GLC's Principal Solicitor, Mike Dailly said: "We believe the Millar judgment was fantastic news for Scottish consumers because it meant they would always get an extra and final chance to avoid court proceedings after a calling-up notice. Govan Law Centre is dismayed to hear that the Scottish Government will now scrap this final last chance for Scottish homeowners, and in so doing render the Pre-Action Requirements toothless, and in effect a duplication of the FSA's existing equivalent MCOB rule. The Scottish Government should be backing struggling homeowners and not legislating for lenders".

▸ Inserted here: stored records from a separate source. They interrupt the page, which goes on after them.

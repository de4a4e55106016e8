ghost use Rattle.std.specs.Prelude.{◌≡◌, ◌<◌, option_map, All, IfSome};
ghost use Rattle.sys_devices.specs.Shows.{Shows, only_on};
ghost use Rattle.sys_objects.specs.Condition.{IsPrinter};
ghost use Rattle.sys_state.specs.State.{bytes_on};
ghost use Rattle.sys_state.specs.Transfers.{printer_of};
ghost use Rattle.sys_transfers.specs.Serves.{job_on};

use sys_devices::{Marks, show_whole};
use sys_objects::Config;
use vv_base::Text;
use vv_io::Lines;

/// The line of a guest's printer.
fn printer_line(config: &Config, printer: Option<u8>) -> Option<u8>
    ensures { result ≡ option_map (λ q. q.line) (printer_of config.now printer) }
{
    let place = printer?;
    let row = config.printers.as_slice().get(place as usize)?;
    Some(row.line)
}

/// Puts bytes on a line in one put, if there is one.
fn show_on<L: Lines>(marks: &mut Marks, lines: &mut L, place: Option<u8>, bytes: &[u8])
    requires { IfSome place (λ line. line < 32) }
    ensures { Shows marks.old marks.new (L.lines lines.old) (L.lines lines.new) (only_on place bytes.now) }
{
    if let Some(line) = place {
        show_whole(marks, lines, line, bytes);
    }
}

/// A guest's printer gets a job, if there is one of each.
pub fn print_job_on<L: Lines>(
    marks: &mut Marks,
    lines: &mut L,
    config: &Config,
    printer: Option<u8>,
    job: &Option<Text<640>>,
)
    requires { All IsPrinter config.now.printers }
    ensures { Shows marks.old marks.new (L.lines lines.old) (L.lines lines.new) (λ k. bytes_on k (job_on (printer_of config.now printer) job.now)) }
{
    if let Some(text) = job {
        let line = printer_line(config, printer);
        show_on(marks, lines, line, text.bytes());
    }
}
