//! Which Revision of a Configuration is collected, and when: the settings, the choice, and the controller of it.
//!
//! At most one Revision is chosen at a time, and its removal is guarded: it is refused once a Service or a Route was
//! made, or its spec changed, after the look. What reads settings and what chooses takes no memory.
#![tactic(auto)]

mod ages;
mod choice;
mod collector;
mod settings;

pub use choice::collect;
pub use collector::CollectorRec;
pub use control_rules::{Candidate, GcSettings};
pub use settings::{SettingsError, read_settings, standard_settings};

#[cfg(test)]
mod tests;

GLC notes that Sheriff Deutsch had eloquently explained the logic of PAR information being sent after the expiry of a calling up notice in his judgement in Millar (at paragraph 84, which is reproduced below).
The first public mention of the Scottish Government legislating for lenders was raised in an article in the industry magazine, the Mortgage Finance Gazette, where Mr Rob Aberdein of Aberdein Considine & Co., Solicitors (a Scottish firm who act for a number of lenders in repossession proceedings in Scotland) said in relation to the NRAM v Millar case:
"Should an appeal not be forthcoming or be unsuccessful then I did meet the Scottish Government at the start of the year on the matter of the impending Glasgow cases decision and have exchanged correspondence with Alex Neil MSP, the cabinet minister for infrastructure and capital investment, on the topic. Both are supportive of corrective secondary legislation as they believe the decision is not consumer friendly and potentially damaging to their goal of avoiding repossession and resultant homelessness".

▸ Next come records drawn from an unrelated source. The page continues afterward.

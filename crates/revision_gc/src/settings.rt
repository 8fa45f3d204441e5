//! The settings of collection: the standard ones, and those that are read from texts.
ghost use Rattle.std.specs.Prelude.{◌≡◌};
ghost use Rattle.serve_names.specs.Counts.{count_of};
ghost use Rattle.revision_gc.specs.Settings.{standard_settings, is_disabled, time_in, most_in, is_below, settings_of};

use control_rules::GcSettings;
use json_tree::Text;
use serve_names::{read_count, read_duration};
use thiserror::Error;

/// How long a Revision stays after its creation by the standard settings: 48 hours, in seconds.
const STANDARD_CREATE: u64 = 172_800;

/// How long it stays after it was last active: 15 hours, in seconds.
const STANDARD_ACTIVE: u64 = 54_000;

/// How many Revisions that nobody uses always stay.
const STANDARD_LEAST: u64 = 20;

/// How many of them may stay.
const STANDARD_MOST: u64 = 1_000;

/// Why texts are no settings. The variants are examined in this order.
#[derive(Clone, Copy, Debug, PartialEq, Eq, Error)]
pub enum SettingsError {
    /// The time after the creation is neither a duration nor `disabled`.
    #[error("the time after the creation is neither a duration nor disabled")]
    CreateTime,
    /// The time after the active moment is neither a duration nor `disabled`.
    #[error("the time after the active moment is neither a duration nor disabled")]
    ActiveTime,
    /// The least number is no count.
    #[error("the least number is no count")]
    Least,
    /// The most is neither a count nor `disabled`.
    #[error("the most is neither a count nor disabled")]
    Most,
    /// The most is a count below the least number.
    #[error("the least number is above the most")]
    LeastAboveMost,
}

/// The settings where none are given: 48 hours after the creation and 15 hours after the active moment, and 20 to 1,000
/// Revisions that nobody uses.
pub fn standard_settings() -> GcSettings
    ensures { result ≡ standard_settings }
{
    GcSettings {
        create: Some(STANDARD_CREATE),
        active: Some(STANDARD_ACTIVE),
        least: STANDARD_LEAST,
        most: Some(STANDARD_MOST),
    }
}

// Whether the text is the word for a setting that doesn't count.
fn is_disabled(text: &Text) -> bool
    ensures { result ≡ is_disabled text.now }
{
    text.as_str() == "disabled"
}

// A time: a duration in seconds, or none where it is disabled. Nothing of another text.
fn time_in(text: &Text) -> Option<Option<u64>>
    ensures { result ≡ time_in text.now }
{
    if is_disabled(text) {
        return Some(None);
    }
    Some(Some(read_duration(text.bytes())?))
}

// A count. Nothing of another text.
fn count_in(text: &Text) -> Option<u64>
    ensures { result ≡ count_of text.now }
{
    read_count(text.bytes())
}

// The most: a count, or none where it is disabled. Nothing of another text.
fn most_in(text: &Text) -> Option<Option<u64>>
    ensures { result ≡ most_in text.now }
{
    if is_disabled(text) {
        return Some(None);
    }
    Some(Some(count_in(text)?))
}

// Whether the most is a count below the least number.
fn is_below(most: Option<u64>, least: u64) -> bool
    ensures { result ≡ is_below most least }
{
    match most {
        Some(most) => most < least,
        None => false,
    }
}

/// The settings of the four texts: how long a Revision stays after its creation, how long after its active moment, how
/// many always stay, and how many may stay.
///
/// A time is a duration as `1h30m` or the word `disabled`, `least` is a count of 1 to 10 digits, and `most` is such a
/// count or `disabled`. Each error comes exactly where that text is none of these, the first in order; the last one
/// where `most` is a count below `least`.
pub fn read_settings(
    create: &Text,
    active: &Text,
    least: &Text,
    most: &Text,
) -> Result<GcSettings, SettingsError>
    ensures { result ≡ settings_of create.now active.now least.now most.now }
{
    let Some(create) = time_in(create) else {
        return Err(SettingsError::CreateTime);
    };
    let Some(active) = time_in(active) else {
        return Err(SettingsError::ActiveTime);
    };
    let Some(least) = count_in(least) else {
        return Err(SettingsError::Least);
    };
    let Some(most) = most_in(most) else {
        return Err(SettingsError::Most);
    };
    if is_below(most, least) {
        return Err(SettingsError::LeastAboveMost);
    }
    Ok(GcSettings {
        create,
        active,
        least,
        most,
    })
}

GLC is not aware of evidence whatsoever to support the assertion by Mr Aberdein, which he ascribes to the Scottish Government. We note that lenders have already changed their practice since earlier this year to comply with the legal reasoning in Millar. Further, we note that any proposed law reform cannot be retrospective.
Note
NRAM plc v. Millar &; RBS plc v. McConnell judgment:
[84] Regardless of whether those responsible for managing the bill which gave rise to the 2010 Act operated under a misunderstanding as to whether non-payment constituted a default for the purposes of section 19 of the 1970 Act, now that the position has been clarified, it appears to me that the required information will actually be sent to debtors at a time when, given the recent expiry of the calling up notice, they might be more inclined to pay that information some serious regard. At that point the debtor should be in no doubt that the creditor may apply to the Sheriff court for warrant to repossess and to sell the property. That level of understanding on the part of the debtor might be less likely to exist if, in accordance with the pursuers' interpretation, the default which triggers the requirement to provide information, need be no more than one month of arrears. The possibility must exist that there will be debtors with a tendency to pass in and out of an arrears position on a regular basis. One corollary of that situation might be that such persons would receive a regular stream of correspondence providing the required information. Such a volume of similar correspondence might be expected to be ignored. It might also be expensive for creditors.
* Update from 24 September 2012: Scottish Government confirms it has not made any decision to amend the 2010 Order: link to letter confirming same.